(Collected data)
--- START ---

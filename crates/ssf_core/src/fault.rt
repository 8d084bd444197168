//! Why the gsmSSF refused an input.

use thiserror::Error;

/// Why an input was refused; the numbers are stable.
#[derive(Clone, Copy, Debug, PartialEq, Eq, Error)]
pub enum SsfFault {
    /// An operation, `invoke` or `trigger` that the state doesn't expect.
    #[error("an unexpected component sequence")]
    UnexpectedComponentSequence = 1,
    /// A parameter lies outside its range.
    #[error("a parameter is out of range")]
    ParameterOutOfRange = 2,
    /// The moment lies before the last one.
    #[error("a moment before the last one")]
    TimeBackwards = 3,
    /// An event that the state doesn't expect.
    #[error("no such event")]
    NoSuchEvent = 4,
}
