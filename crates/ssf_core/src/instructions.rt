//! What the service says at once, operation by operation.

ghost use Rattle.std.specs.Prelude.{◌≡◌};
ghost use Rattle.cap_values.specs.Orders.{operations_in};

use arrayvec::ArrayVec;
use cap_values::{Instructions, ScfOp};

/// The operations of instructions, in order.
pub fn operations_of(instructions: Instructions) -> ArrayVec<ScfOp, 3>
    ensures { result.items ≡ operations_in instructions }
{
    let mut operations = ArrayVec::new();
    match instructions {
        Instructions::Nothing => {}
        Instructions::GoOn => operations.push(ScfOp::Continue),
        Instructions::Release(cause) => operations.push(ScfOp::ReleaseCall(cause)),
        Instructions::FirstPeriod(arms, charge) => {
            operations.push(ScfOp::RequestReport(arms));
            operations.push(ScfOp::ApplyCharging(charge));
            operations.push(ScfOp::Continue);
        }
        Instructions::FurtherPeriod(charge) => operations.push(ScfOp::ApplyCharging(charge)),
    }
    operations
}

--- END ---
--- START ---

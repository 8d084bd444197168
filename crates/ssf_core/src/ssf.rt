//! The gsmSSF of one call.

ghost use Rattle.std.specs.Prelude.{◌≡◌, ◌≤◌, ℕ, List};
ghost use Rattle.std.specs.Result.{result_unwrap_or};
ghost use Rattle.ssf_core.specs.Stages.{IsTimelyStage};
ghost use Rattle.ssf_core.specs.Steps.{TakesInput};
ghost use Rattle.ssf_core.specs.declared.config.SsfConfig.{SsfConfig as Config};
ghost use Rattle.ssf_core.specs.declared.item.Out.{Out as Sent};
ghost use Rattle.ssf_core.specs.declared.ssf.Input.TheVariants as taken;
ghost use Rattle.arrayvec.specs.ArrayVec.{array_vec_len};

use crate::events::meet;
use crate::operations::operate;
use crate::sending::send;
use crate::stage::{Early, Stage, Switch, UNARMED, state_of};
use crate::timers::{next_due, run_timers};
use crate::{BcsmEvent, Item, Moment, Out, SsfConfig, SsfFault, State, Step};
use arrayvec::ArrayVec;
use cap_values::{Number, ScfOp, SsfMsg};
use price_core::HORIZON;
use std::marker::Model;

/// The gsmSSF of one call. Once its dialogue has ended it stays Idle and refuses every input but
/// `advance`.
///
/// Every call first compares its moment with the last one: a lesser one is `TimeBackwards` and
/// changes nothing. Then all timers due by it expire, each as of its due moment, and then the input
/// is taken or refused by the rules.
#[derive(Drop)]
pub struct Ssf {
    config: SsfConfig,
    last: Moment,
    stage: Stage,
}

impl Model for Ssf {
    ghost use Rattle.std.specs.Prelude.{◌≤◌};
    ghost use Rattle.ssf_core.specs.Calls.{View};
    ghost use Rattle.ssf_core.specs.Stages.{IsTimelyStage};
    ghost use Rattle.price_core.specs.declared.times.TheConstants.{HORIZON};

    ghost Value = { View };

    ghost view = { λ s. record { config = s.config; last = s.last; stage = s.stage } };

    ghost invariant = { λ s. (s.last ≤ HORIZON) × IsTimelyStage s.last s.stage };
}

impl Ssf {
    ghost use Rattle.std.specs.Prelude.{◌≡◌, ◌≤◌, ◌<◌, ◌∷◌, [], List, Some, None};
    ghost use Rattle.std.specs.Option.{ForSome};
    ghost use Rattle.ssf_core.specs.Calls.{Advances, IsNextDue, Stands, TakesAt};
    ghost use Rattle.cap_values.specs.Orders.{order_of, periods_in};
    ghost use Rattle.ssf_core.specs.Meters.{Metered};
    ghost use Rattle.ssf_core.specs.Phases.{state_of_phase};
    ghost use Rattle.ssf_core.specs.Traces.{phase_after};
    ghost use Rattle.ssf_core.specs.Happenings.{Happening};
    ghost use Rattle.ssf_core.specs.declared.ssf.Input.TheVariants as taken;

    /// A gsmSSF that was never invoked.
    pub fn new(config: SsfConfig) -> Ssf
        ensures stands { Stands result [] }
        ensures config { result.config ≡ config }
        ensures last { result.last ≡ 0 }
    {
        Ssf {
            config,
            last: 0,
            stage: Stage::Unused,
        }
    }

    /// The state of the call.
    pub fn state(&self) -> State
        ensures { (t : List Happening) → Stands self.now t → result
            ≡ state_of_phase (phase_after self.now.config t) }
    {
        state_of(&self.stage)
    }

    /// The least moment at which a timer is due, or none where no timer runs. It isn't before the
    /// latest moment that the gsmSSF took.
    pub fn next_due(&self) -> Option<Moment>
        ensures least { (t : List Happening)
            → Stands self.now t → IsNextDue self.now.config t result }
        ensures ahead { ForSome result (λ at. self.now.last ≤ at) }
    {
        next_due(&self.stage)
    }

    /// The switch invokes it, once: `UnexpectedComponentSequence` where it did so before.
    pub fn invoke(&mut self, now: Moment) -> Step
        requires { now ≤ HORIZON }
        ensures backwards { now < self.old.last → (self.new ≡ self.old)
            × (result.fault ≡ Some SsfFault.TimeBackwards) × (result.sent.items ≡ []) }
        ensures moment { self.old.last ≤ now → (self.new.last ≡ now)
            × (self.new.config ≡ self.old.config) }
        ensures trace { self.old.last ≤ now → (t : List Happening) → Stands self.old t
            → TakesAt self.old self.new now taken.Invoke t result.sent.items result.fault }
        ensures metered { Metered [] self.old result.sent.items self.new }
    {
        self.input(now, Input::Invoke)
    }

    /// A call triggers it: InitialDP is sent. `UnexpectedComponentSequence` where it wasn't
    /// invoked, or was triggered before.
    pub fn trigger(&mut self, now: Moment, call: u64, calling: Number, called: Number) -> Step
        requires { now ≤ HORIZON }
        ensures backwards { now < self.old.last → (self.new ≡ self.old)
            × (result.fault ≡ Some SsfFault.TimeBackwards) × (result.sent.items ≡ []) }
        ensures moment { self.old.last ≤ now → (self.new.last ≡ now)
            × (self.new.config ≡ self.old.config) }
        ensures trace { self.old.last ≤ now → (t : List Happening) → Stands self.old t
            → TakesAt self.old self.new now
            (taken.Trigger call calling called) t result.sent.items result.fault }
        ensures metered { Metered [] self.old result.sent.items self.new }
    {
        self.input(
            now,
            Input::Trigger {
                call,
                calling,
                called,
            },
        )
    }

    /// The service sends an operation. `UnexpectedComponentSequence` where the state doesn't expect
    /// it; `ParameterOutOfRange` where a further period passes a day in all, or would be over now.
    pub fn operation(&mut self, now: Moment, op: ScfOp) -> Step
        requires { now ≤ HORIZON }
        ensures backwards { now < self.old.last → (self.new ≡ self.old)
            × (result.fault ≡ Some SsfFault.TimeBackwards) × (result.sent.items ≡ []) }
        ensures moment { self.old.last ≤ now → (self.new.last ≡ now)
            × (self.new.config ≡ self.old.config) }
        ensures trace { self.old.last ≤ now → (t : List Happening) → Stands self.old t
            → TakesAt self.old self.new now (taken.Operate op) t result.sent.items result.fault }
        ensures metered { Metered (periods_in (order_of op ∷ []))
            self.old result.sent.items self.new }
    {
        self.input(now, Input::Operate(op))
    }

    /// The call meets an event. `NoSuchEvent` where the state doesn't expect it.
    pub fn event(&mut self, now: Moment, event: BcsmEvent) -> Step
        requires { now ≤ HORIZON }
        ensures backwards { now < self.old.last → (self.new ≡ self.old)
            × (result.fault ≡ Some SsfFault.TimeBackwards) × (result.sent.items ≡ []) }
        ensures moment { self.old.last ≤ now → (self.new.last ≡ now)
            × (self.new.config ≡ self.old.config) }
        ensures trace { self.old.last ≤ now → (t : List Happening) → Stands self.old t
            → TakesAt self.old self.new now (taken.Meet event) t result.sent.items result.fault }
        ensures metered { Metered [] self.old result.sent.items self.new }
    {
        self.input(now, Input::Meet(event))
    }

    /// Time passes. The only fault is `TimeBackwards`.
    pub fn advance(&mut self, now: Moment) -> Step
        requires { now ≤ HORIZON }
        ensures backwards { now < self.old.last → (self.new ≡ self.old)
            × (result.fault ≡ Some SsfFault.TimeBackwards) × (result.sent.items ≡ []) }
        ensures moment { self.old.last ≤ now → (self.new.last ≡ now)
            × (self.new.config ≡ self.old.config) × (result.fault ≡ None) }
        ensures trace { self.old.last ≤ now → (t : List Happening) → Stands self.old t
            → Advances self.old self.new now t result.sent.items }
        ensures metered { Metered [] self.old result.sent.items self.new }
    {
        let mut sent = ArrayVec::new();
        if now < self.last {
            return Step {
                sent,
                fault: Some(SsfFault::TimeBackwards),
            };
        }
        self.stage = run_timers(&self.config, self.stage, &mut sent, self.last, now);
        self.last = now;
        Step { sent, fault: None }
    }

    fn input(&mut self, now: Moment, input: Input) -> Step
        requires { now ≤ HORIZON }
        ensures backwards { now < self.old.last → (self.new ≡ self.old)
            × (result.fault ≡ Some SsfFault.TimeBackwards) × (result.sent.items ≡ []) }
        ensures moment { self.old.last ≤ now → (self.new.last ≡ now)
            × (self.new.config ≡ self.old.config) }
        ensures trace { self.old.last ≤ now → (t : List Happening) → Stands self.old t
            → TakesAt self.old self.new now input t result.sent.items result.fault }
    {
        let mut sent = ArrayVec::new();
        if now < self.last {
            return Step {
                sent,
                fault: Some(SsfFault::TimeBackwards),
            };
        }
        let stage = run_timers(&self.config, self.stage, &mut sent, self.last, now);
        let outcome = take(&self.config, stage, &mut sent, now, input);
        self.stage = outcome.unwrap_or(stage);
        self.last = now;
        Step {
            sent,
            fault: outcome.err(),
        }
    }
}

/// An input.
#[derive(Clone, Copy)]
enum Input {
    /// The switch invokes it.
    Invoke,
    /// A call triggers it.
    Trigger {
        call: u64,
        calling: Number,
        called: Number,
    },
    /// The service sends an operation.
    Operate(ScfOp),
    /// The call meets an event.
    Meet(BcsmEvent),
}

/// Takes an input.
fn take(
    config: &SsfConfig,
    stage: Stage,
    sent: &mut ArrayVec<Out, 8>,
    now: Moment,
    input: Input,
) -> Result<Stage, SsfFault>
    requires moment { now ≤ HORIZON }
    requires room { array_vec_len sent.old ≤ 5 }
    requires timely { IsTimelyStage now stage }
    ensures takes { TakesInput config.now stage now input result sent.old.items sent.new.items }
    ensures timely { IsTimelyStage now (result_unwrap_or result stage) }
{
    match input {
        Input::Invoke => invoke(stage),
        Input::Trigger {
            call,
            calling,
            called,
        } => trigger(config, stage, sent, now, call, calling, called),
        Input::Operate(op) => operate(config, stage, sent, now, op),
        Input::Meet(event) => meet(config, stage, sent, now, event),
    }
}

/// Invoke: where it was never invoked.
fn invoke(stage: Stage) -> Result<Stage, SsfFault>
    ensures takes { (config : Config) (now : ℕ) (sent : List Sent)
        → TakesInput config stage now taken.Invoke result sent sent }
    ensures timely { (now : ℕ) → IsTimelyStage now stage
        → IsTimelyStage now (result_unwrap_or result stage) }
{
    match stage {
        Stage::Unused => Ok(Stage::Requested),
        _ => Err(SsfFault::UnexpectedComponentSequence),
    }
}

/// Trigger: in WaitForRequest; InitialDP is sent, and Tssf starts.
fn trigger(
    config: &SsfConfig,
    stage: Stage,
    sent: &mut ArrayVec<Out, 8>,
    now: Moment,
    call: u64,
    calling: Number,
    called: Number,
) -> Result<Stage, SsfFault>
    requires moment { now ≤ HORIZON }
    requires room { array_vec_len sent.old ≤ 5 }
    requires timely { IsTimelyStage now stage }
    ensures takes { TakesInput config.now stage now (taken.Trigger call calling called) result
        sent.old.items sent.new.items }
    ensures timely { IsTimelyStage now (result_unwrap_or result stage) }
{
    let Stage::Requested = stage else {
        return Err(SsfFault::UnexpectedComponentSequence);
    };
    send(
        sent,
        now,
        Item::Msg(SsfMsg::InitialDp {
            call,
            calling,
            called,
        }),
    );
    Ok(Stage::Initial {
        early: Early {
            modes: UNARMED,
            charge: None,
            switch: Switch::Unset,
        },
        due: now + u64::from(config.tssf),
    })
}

--- END ---
--- START ---

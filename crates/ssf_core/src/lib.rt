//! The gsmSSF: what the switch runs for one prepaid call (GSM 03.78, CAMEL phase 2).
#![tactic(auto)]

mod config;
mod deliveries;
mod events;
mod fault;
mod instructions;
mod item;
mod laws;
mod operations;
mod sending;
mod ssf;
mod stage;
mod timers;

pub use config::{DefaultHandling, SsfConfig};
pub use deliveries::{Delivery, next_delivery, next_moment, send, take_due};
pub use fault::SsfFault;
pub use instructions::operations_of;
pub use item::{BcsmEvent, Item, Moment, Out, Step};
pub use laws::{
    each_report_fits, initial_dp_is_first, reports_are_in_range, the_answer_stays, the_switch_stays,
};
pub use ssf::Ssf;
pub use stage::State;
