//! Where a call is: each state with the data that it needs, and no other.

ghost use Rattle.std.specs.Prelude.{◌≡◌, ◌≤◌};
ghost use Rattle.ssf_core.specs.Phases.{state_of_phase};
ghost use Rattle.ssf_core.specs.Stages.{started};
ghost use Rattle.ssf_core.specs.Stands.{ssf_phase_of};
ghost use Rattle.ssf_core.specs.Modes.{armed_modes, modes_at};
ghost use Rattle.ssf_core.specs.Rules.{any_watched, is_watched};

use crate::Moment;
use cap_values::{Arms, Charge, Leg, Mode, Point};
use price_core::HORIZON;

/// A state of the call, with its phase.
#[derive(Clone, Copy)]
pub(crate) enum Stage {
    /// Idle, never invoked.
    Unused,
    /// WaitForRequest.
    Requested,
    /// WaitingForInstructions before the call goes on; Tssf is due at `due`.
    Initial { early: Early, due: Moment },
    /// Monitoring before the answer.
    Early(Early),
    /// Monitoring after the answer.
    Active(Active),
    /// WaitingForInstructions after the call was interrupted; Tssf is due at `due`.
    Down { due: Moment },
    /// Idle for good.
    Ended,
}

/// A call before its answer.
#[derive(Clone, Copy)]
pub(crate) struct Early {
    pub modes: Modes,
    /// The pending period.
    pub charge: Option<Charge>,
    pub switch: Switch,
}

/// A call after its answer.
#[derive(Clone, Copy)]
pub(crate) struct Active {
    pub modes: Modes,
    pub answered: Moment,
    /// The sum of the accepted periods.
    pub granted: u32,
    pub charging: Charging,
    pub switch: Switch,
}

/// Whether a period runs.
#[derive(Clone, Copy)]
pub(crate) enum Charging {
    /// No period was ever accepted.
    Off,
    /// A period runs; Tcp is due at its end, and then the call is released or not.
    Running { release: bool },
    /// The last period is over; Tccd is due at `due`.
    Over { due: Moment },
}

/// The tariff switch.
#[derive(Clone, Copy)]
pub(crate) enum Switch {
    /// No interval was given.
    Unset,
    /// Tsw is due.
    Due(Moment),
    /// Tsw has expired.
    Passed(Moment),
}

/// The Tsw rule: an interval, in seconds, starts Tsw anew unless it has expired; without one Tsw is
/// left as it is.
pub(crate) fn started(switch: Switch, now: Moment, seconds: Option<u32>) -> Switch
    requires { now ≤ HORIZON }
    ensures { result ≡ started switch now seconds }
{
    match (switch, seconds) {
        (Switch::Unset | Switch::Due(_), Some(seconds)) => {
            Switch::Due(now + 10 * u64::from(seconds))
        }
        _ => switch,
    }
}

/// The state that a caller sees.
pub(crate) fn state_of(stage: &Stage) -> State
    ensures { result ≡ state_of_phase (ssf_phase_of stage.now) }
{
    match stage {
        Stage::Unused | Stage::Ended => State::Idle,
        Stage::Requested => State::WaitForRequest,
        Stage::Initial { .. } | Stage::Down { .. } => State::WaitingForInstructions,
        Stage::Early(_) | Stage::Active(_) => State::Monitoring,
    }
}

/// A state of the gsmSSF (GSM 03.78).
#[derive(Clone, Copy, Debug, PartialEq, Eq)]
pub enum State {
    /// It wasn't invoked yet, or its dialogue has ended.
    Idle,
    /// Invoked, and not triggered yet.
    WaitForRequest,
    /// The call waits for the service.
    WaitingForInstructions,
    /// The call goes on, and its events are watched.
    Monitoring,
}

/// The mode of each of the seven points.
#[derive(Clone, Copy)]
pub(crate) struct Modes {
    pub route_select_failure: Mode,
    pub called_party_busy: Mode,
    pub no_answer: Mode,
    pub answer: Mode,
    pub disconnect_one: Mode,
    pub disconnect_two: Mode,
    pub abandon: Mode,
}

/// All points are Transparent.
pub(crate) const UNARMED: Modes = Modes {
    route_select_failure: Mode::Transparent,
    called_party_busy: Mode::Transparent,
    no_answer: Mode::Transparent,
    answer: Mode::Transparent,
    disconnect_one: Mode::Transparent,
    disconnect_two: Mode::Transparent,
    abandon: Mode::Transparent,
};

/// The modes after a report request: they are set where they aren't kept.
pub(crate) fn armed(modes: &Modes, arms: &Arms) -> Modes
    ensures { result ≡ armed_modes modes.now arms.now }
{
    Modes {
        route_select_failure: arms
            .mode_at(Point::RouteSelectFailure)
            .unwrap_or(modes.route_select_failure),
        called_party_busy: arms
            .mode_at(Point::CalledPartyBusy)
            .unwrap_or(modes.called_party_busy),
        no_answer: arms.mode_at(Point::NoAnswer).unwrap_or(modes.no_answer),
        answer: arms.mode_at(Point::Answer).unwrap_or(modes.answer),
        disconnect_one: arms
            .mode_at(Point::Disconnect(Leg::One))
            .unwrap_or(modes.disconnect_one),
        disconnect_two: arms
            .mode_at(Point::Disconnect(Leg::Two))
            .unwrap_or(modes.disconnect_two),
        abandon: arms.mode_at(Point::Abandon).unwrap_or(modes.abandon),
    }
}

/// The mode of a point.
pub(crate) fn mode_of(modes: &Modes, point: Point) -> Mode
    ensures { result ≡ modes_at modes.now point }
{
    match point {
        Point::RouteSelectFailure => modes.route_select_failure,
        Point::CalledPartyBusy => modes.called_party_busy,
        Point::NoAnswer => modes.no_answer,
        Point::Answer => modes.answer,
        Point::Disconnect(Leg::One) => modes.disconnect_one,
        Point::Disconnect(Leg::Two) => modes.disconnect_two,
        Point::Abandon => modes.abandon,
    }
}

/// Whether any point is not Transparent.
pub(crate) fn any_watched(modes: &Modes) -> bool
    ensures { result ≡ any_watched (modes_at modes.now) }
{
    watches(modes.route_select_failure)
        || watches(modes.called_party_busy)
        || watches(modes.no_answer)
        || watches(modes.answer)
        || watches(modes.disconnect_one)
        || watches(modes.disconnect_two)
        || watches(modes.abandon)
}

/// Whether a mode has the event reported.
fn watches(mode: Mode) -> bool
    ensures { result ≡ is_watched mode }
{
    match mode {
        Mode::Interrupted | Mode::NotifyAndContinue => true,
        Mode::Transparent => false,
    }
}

--- END ---

**WHAT TO PRODUCE:**
Gather and copy every line of the data in which the string "then" is found.

**RESULT:**
/// changes nothing. Then all timers due by it expire, each as of its due moment, and then the input
    /// A period runs; Tcp is due at its end, and then the call is released or not.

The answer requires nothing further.